- [ASSIGNMENT]: Starting at the first line of the entries below, output every line exactly, up to and including the line with "pub fn cell_new(room: &mut".

- [DATA IN THIS EXERCISE]:

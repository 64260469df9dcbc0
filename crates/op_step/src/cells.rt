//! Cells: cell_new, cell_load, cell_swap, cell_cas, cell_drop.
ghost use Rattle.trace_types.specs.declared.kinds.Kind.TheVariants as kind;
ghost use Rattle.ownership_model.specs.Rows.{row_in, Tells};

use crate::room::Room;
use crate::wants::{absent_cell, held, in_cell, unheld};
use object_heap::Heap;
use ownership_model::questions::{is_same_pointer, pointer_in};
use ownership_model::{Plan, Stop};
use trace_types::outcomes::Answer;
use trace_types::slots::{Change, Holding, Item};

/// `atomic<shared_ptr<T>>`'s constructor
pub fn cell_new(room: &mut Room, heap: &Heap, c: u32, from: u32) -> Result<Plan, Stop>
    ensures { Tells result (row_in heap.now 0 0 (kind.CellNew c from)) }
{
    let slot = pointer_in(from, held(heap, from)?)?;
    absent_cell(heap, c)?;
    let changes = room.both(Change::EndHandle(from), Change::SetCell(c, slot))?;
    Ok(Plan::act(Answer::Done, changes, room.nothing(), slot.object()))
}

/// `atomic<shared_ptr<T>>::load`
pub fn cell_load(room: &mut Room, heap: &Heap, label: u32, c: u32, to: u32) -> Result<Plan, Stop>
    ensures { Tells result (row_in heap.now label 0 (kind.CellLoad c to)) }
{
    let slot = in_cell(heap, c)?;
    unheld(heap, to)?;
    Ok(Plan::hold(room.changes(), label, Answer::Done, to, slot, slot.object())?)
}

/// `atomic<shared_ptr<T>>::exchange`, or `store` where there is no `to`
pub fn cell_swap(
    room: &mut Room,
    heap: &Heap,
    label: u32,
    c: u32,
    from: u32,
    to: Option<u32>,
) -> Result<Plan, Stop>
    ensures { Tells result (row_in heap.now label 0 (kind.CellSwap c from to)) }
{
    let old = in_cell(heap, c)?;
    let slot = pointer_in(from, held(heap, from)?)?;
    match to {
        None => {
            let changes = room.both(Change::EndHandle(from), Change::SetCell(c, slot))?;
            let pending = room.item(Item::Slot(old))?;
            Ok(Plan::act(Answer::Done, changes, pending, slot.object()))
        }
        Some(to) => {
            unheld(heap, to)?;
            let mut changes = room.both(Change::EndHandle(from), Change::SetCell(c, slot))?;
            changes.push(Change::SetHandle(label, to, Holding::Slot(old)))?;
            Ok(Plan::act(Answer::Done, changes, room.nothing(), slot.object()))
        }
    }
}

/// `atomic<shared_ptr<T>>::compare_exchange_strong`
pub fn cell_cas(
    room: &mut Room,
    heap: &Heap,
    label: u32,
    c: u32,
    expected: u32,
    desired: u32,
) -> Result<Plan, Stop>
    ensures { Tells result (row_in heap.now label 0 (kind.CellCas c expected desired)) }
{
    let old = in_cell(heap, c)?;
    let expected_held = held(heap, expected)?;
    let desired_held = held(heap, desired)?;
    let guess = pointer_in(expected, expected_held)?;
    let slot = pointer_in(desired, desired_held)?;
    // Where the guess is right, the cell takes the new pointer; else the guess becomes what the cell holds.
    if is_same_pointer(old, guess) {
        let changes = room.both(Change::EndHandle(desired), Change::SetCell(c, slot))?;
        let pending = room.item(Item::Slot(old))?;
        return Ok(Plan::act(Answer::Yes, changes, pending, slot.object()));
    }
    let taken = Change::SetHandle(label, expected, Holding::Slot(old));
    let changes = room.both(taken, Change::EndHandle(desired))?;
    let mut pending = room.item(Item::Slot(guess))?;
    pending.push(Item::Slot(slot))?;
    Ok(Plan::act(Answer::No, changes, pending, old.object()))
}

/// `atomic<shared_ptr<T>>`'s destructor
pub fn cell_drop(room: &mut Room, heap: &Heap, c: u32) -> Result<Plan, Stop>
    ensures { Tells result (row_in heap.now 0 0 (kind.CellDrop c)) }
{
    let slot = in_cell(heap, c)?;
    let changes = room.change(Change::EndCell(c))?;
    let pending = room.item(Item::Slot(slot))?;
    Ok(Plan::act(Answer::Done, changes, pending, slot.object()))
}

- [EXPECTED ANSWER]:
repository 64260469df9dcbc0
filename crates/op_step/src/cells.rt
//! Cells: cell_new, cell_load, cell_swap, cell_cas, cell_drop.
ghost use Rattle.trace_types.specs.declared.kinds.Kind.TheVariants as kind;
ghost use Rattle.ownership_model.specs.Rows.{row_in, Tells};

use crate::room::Room;
use crate::wants::{absent_cell, held, in_cell, unheld};
use object_heap::Heap;
use ownership_model::questions::{is_same_pointer, pointer_in};
use ownership_model::{Plan, Stop};
use trace_types::outcomes::Answer;
use trace_types::slots::{Change, Holding, Item};

/// `atomic<shared_ptr<T>>`'s constructor
pub fn cell_new(room: &mut Room, heap: &Heap, c: u32, from: u32) -> Result<Plan, Stop>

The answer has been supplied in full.